For about a month, Amey says, he didn't dare test it out. But after some practice, he and Black found it was surprisingly easy to get the hang of riding 7 feet in the air.
A few falls were inevitable. "I had one," Black says enthusiastically. His shoelace got caught in the axle of the front wheel and he flipped over the handlebars into the grass. The neighbors sat on their porch and watched his trajectory, he says, then yelled, "Hey, you OK?" Fortunately, he was.
Black bought a high-wheel bike of his own on eBay, and since has researched the history of the machine. "Ordinaries" were made from 1871 to 1892, he says. (The next generation of bicycles was called "safeties," he says "obviously trying to improve some safety issues.") Its inventors believed the bigger the wheel, the faster the bicycle would move. Wheels got as large as human legs would allow up to 63 inches, he says.

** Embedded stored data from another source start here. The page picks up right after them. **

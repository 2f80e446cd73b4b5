// What of a linked file is for macOS.
ghost use Rattle.std.specs.Prelude.{◌≡◌, ◌+◌, ◌≤◌, length, IfSome};
ghost use Rattle.std.specs.Option.{option_map};
ghost use Rattle.ap_fields.specs.declared.sizes.TheConstants.{BLOCK};
ghost use Rattle.ap_claims.specs.Lists.{Makes};
ghost use Rattle.ap_layout.specs.Jobs.{job_inputs, placed_of, IsKnown};
ghost use Rattle.ap_layout.specs.Positions.{Fits};
ghost use Rattle.ap_check.specs.Mac.{mach_entry_of};
ghost use Rattle.ap_mach.specs.declared.constants.TheConstants.{MOST_HEADERS};
ghost use Rattle.ap_mach.specs.Written.{mach_claims};
ghost use Rattle.ap_mach.specs.Linked as spec;
ghost use Rattle.ap_mach.specs.Linked.{mac_claims};

use crate::write::write_headers;
use ap_check::{Input, Job, Machine, Systems, mach_entry};
use ap_claims::{Block, Clash};
use ap_layout::{Area, Layout, Placement, placed_for};
use bitflags::Flags;

/// Claims the Mach-O header for `Owner::Mach`, where macOS was chosen, an input is for x86-64, and the parts of the linked file have
/// these places. Nothing is claimed where there is none.
///
/// `Clash` comes exactly where a byte of it is held with another value, and is the first such byte. Then nothing has been claimed.
pub fn write_mach(block: &mut Block, job: &Job<'_>, lay: &Layout) -> Result<(), Clash>
    requires { Fits job.now.options (job_inputs job.now) lay.now }
    ensures { Makes block.old block.new (mac_claims job.now.options (job_inputs job.now) lay.now)
        result }
{
    match mach_place(job, lay) {
        None => Ok(()),
        Some(p) => write_input(block, p.input, p.areas, lay.mach_at),
    }
}

// The input for x86-64 with its places, where macOS was chosen.
fn mach_place<'i, 'l>(job: &Job<'i>, lay: &'l Layout) -> Option<Placement<'i, 'l>>
    requires { Fits job.now.options (job_inputs job.now) lay.now }
    ensures place { option_map placed_of result
        ≡ spec.mach_place job.now.options (job_inputs job.now) lay.now }
    ensures known { IfSome result (λ p. IsKnown (placed_of p)) }
{
    if job.options.systems.intersects(Systems::MAC) {
        placed_for(job, lay, Machine::X64)
    } else {
        None
    }
}

// Claims the header of an input whose loads have these areas, at a place.
fn write_input(block: &mut Block, e: &Input, areas: &[Area], at: u32) -> Result<(), Clash>
    requires same { length areas.now ≡ length e.now.loads }
    requires room { at + MOST_HEADERS ≤ BLOCK }
    ensures { Makes block.old block.new
        (mach_claims at (mach_entry_of e.now) e.now.loads areas.now) result }
{
    write_headers(block, at as usize, mach_entry(e), &e.loads, areas)
}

Recently, Black and Amey successfully made a 10-mile trip on the bikes. The adventure was fun but not easy, they warn.
"There is no stopping and getting off," Amey says. To cross Semmes Avenue, he rides in circles to keep from falling while he waits for a break in traffic. "It's like 'Frogger,'" he says.
Hills are hard, says Amey, because there are no gears. And the absence of brakes means "downhill is another obstacle."
"That's dynamite, though," Black says, grinning.